//! A module, to standard output or to a file.
ghost use Rattle.std.specs.Prelude.{◌≡◌, ℕ, List, true, false, Option, IfOk, IsErrOf};
ghost use Rattle.ir_base.specs.Files.{Named};
ghost use Rattle.module_arena.specs.View.{module_of};
ghost use Rattle.tool_output.specs.declared.format.OutputFormat.TheVariants.{CanonicalText, Bitcode};
ghost use Rattle.tool_output.specs.Outputs.{outputs, is_standard};
ghost use Rattle.tool_output.specs.Written.{written};
ghost use Rattle.tool_output.specs.Writing.{Puts, CountsSink, CountsFiles, Counts};

use crate::{OutputFault, OutputFormat};
use bitcode_write::write;
use command_line::OutputName;
use ir_base::{Failed, FileFault, Files, Sink, Text, write_all};
use ir_printer::{print, print_text};
use module_arena::Checked;
use std::alloc::{AllocError, Global};

// The bytes that stand for a module. They are refused for want of memory alone.
fn written(alloc: Global, format: OutputFormat, checked: &Checked) -> Result<Text, AllocError>
    ensures { IfOk result (λ bytes. bytes ≡ written format (module_of checked.now)) }
{
    match format {
        OutputFormat::CanonicalText => print_text(alloc, checked),
        OutputFormat::Bitcode => write(alloc, checked),
    }
}

// Writes the text of a module to standard output, piece by piece. The name of the output is made first, so that after a failed write no memory is
// wanting.
fn print_standard<O: Sink>(
    alloc: Global,
    checked: &Checked,
    sink: &mut O,
) -> Result<(), OutputFault>
    ensures put { (contents : Option Named)
        → Puts OutputName.Standard (written CanonicalText (module_of checked.now)) (outputs (O.taken sink.old) contents) (outputs (O.taken sink.new) contents) result }
    ensures counts { CountsSink (O.faults sink.old) (O.faults sink.new) result }
    ensures memory { IsErrOf result OutputFault.Memory → sink.new ≡ sink.old }
{
    let name = Text::from_slice(alloc, b"-")?;
    match print(checked, sink) {
        Ok(()) => Ok(()),
        Err(Failed) => Err(OutputFault::CannotWrite(name)),
    }
}

// Writes bytes to standard output. The name of the output is made first, as above.
fn put_standard<O: Sink>(alloc: Global, bytes: &Text, sink: &mut O) -> Result<(), OutputFault>
    ensures put { (contents : Option Named)
        → Puts OutputName.Standard bytes.now (outputs (O.taken sink.old) contents) (outputs (O.taken sink.new) contents) result }
    ensures counts { CountsSink (O.faults sink.old) (O.faults sink.new) result }
    ensures memory { IsErrOf result OutputFault.Memory → sink.new ≡ sink.old }
{
    let told = Text::from_slice(alloc, b"-")?;
    match write_all(sink, bytes.bytes()) {
        Ok(()) => Ok(()),
        Err(Failed) => Err(OutputFault::CannotWrite(told)),
    }
}

// Writes a module to standard output: text piece by piece, which takes no memory but for the output's name, and bitcode once it is made.
fn write_standard<O: Sink>(
    alloc: Global,
    format: OutputFormat,
    checked: &Checked,
    sink: &mut O,
) -> Result<(), OutputFault>
    ensures put { (contents : Option Named)
        → Puts OutputName.Standard (written format (module_of checked.now)) (outputs (O.taken sink.old) contents) (outputs (O.taken sink.new) contents) result }
    ensures counts { CountsSink (O.faults sink.old) (O.faults sink.new) result }
    ensures memory { IsErrOf result OutputFault.Memory → sink.new ≡ sink.old }
{
    match format {
        OutputFormat::CanonicalText => print_standard(alloc, checked, sink),
        OutputFormat::Bitcode => {
            let bytes = written(alloc, format, checked)?;
            put_standard(alloc, &bytes, sink)
        }
    }
}

// Makes the file of this name hold these bytes. The name of the output is made first, so that after a failed write no memory is wanting.
fn write_named<F: Files>(
    alloc: Global,
    name: &Text,
    bytes: &Text,
    files: &mut F,
) -> Result<(), OutputFault>
    ensures put { (taken : Option (List ℕ))
        → Puts (OutputName.File name.now) bytes.now (outputs taken (F.contents files.old)) (outputs taken (F.contents files.new)) result }
    ensures counts { CountsFiles (F.write_faults files.old) (F.write_faults files.new) result }
    ensures reads { F.read_faults files.new ≡ F.read_faults files.old }
{
    let told = name.copy(alloc)?;
    match files.write_file(alloc, name, bytes) {
        Ok(()) => Ok(()),
        Err(FileFault::Failed) => Err(OutputFault::CannotWrite(told)),
        Err(FileFault::Memory) => Err(OutputFault::Memory),
        // No file is too large to be written.
        Err(FileFault::TooLarge) => unreachable!(),
    }
}

/// Writes a module to where it goes: its canonical text, or its bitcode. Text goes to standard output piece by piece, which takes no memory but
/// for the output's name; all else is made first, and then written.
///
/// `CannotWrite` where a write failed, with `-` or the file's name: standard output has a front of the result, or the file has one, or what it
/// held before. `Memory` where memory ran out: nothing was written.
pub fn write_module<F: Files, O: Sink>(
    alloc: Global,
    format: OutputFormat,
    output: &OutputName,
    checked: &Checked,
    files: &mut F,
    sink: &mut O,
) -> Result<(), OutputFault>
    // The result is where it goes, or a front of it, and nothing else changed.
    ensures put { Puts output.now (written format (module_of checked.now)) (outputs (O.taken sink.old) (F.contents files.old)) (outputs (O.taken sink.new) (F.contents files.new)) result }
    // A write failed exactly where it is told, and the count of its object alone rose.
    ensures counts { Counts output.now (O.faults sink.old) (O.faults sink.new) (F.write_faults files.old) (F.write_faults files.new) result }
    ensures reads { F.read_faults files.new ≡ F.read_faults files.old }
    // What is not written to is not touched.
    ensures sink_unused { is_standard output.now ≡ false → sink.new ≡ sink.old }
    ensures files_unused { is_standard output.now ≡ true → files.new ≡ files.old }
    ensures memory { IsErrOf result OutputFault.Memory → sink.new ≡ sink.old }
{
    match output {
        OutputName::Standard => write_standard(alloc, format, checked, sink),
        OutputName::File(name) => {
            let bytes = written(alloc, format, checked)?;
            write_named(alloc, name, &bytes, files)
        }
    }
}
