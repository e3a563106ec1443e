//! A record without an abbreviation, begun where it stands: of its operands none is looked at before it is taken.
ghost use Rattle.std.specs.Prelude.{◌≡◌, [], Some, Ok, false, IfSome};
ghost use Rattle.bit_stream.specs.Bits.Cursor.{found_at};
ghost use Rattle.bit_stream.specs.Record.{code_by};
ghost use Rattle.bit_stream.specs.Entry.{is_top, is_blockinfo};
ghost use Rattle.bit_stream.specs.declared.abbreviation.ValueSpelling.TheVariants.{Chunks};
ghost use Rattle.bit_stream.specs.declared.entry.Entry.TheVariants.{Record};
ghost use Rattle.bit_dump.specs.Walk.Passing.{pass_item};
ghost use Rattle.bit_dump.specs.Walk.Plain.{head_at, place_past, place_of, IsWaiting};
ghost use Rattle.bit_dump.specs.Walk.Values.{repeated, IsRead};

use crate::walk::passing::pass_plain;
use crate::walk::scope::WalkScope;
use bit_stream::bits::{BitCursor, BitFault};
use bit_stream::{ChunkWidth, ID_LIMIT, bad_abbreviation};

/// The code of a record without an abbreviation, and how many operands it has.
#[derive(Clone, Copy)]
pub struct PlainHead {
    pub code: u32,
    pub count: u64,
}

/// A record without an abbreviation, and where its operands stand.
#[derive(Drop)]
pub struct PlainRecord<'b> {
    pub head: PlainHead,
    pub inner: BitCursor<'b>,
}

/// The code of a record without an abbreviation.
#[tactic(auto, unfolding(bit_stream::specs::Record::code_by, bit_stream::specs::Record::value_by))]
#[inline(always)]
fn plain_code(cursor: &mut BitCursor) -> Result<u32, BitFault>
    ensures { found_at (λ code. code) result cursor.new ≡ code_by (Chunks 6) cursor.old }
{
    let bit = cursor.at();
    let number = cursor.vbr(6)?;
    if number >= ID_LIMIT {
        return Err(bad_abbreviation(bit));
    }
    Ok(number as u32)
}

/// The head of a record without an abbreviation in front, or none where another id stands there.
#[tactic(auto, unfolding(crate::specs::Walk::Plain::head_at))]
#[inline(always)]
fn head_at(cursor: &mut BitCursor, width: ChunkWidth) -> Result<Option<PlainHead>, BitFault>
    ensures { found_at (λ head. head) result cursor.new ≡ head_at width cursor.old }
{
    let id = cursor.fixed(width.bits())?;
    if id != 3 {
        return Ok(None);
    }
    let code = plain_code(cursor)?;
    let count = cursor.vbr(6)?;
    Ok(Some(PlainHead { code, count }))
}

/// A record without an abbreviation that stands in front, in a block that is not BLOCKINFO. None says nothing: the longer way finds
/// what is there then.
#[inline(always)]
pub fn plain_in_front<'b>(cursor: &BitCursor<'b>, scope: &WalkScope<'b>) -> Option<PlainRecord<'b>>
    ensures within { IfSome result (λ _. is_top scope.now.scope ≡ false) }
    ensures other { IfSome result (λ _. is_blockinfo scope.now.scope ≡ false) }
    ensures head { IfSome result (λ plain. head_at scope.now.scope.block.width cursor.now ≡ Ok (Some plain.head, plain.inner)) }
{
    if scope.depth() == 0 {
        return None;
    }
    if scope.is_blockinfo() {
        return None;
    }
    let mut inner = cursor.copy();
    let Ok(found) = head_at(&mut inner, scope.width()) else {
        return None;
    };
    let Some(head) = found else {
        return None;
    };
    Some(PlainRecord { head, inner })
}

/// One that was passed over: its code, and the place behind it.
#[derive(Drop)]
pub struct PlainPassed<'b> {
    pub code: u32,
    pub behind: BitCursor<'b>,
}

/// A record without an abbreviation that stands in front, in a block that is not BLOCKINFO, passed over; nothing of it is refused. None
/// says nothing: the longer way finds what is there then.
#[inline(always)]
pub fn plain_passed<'b>(cursor: &BitCursor<'b>, scope: &WalkScope<'b>) -> Option<PlainPassed<'b>>
    ensures { IfSome result (λ passed. pass_item scope.now.scope cursor.now ≡ Ok (record { entry = Some (Record passed.code); scope = scope.now.scope; operands = []; blob = [] }, passed.behind)) }
{
    let Some(plain) = plain_in_front(cursor, scope) else {
        return None;
    };
    let PlainRecord { head, inner } = plain;
    let mut place = inner;
    match pass_plain(&mut place, head.count) {
        Ok(()) => Some(PlainPassed {
            code: head.code,
            behind: place,
        }),
        Err(_) => None,
    }
}

/// The place behind so many operands, none of which is refused.
fn behind_operands<'b>(inner: &BitCursor<'b>, count: u64) -> BitCursor<'b>
    requires { IsRead (repeated (Chunks 6) count inner.now) }
    ensures { result ≡ place_past inner.now (repeated (Chunks 6) count inner.now) }
{
    let mut place = inner.copy();
    match pass_plain(&mut place, count) {
        Ok(()) => place,
        Err(_) => unreachable!(),
    }
}

/// The place behind the record that was given last, so many of whose operands wait.
#[inline(always)]
pub fn behind<'b>(
    cursor: &BitCursor<'b>,
    inner: &BitCursor<'b>,
    waiting: Option<u64>,
) -> BitCursor<'b>
    requires { IsWaiting waiting inner.now }
    ensures { result ≡ place_of waiting inner.now cursor.now }
{
    match waiting {
        Some(count) => behind_operands(inner, count),
        None => cursor.copy(),
    }
}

____

Aim of the task: Search the entries above for the word "number" and copy each line where it appears.

Exercise solution:
    let number = cursor.vbr(6)?;
    if number >= ID_LIMIT {
    Ok(number as u32)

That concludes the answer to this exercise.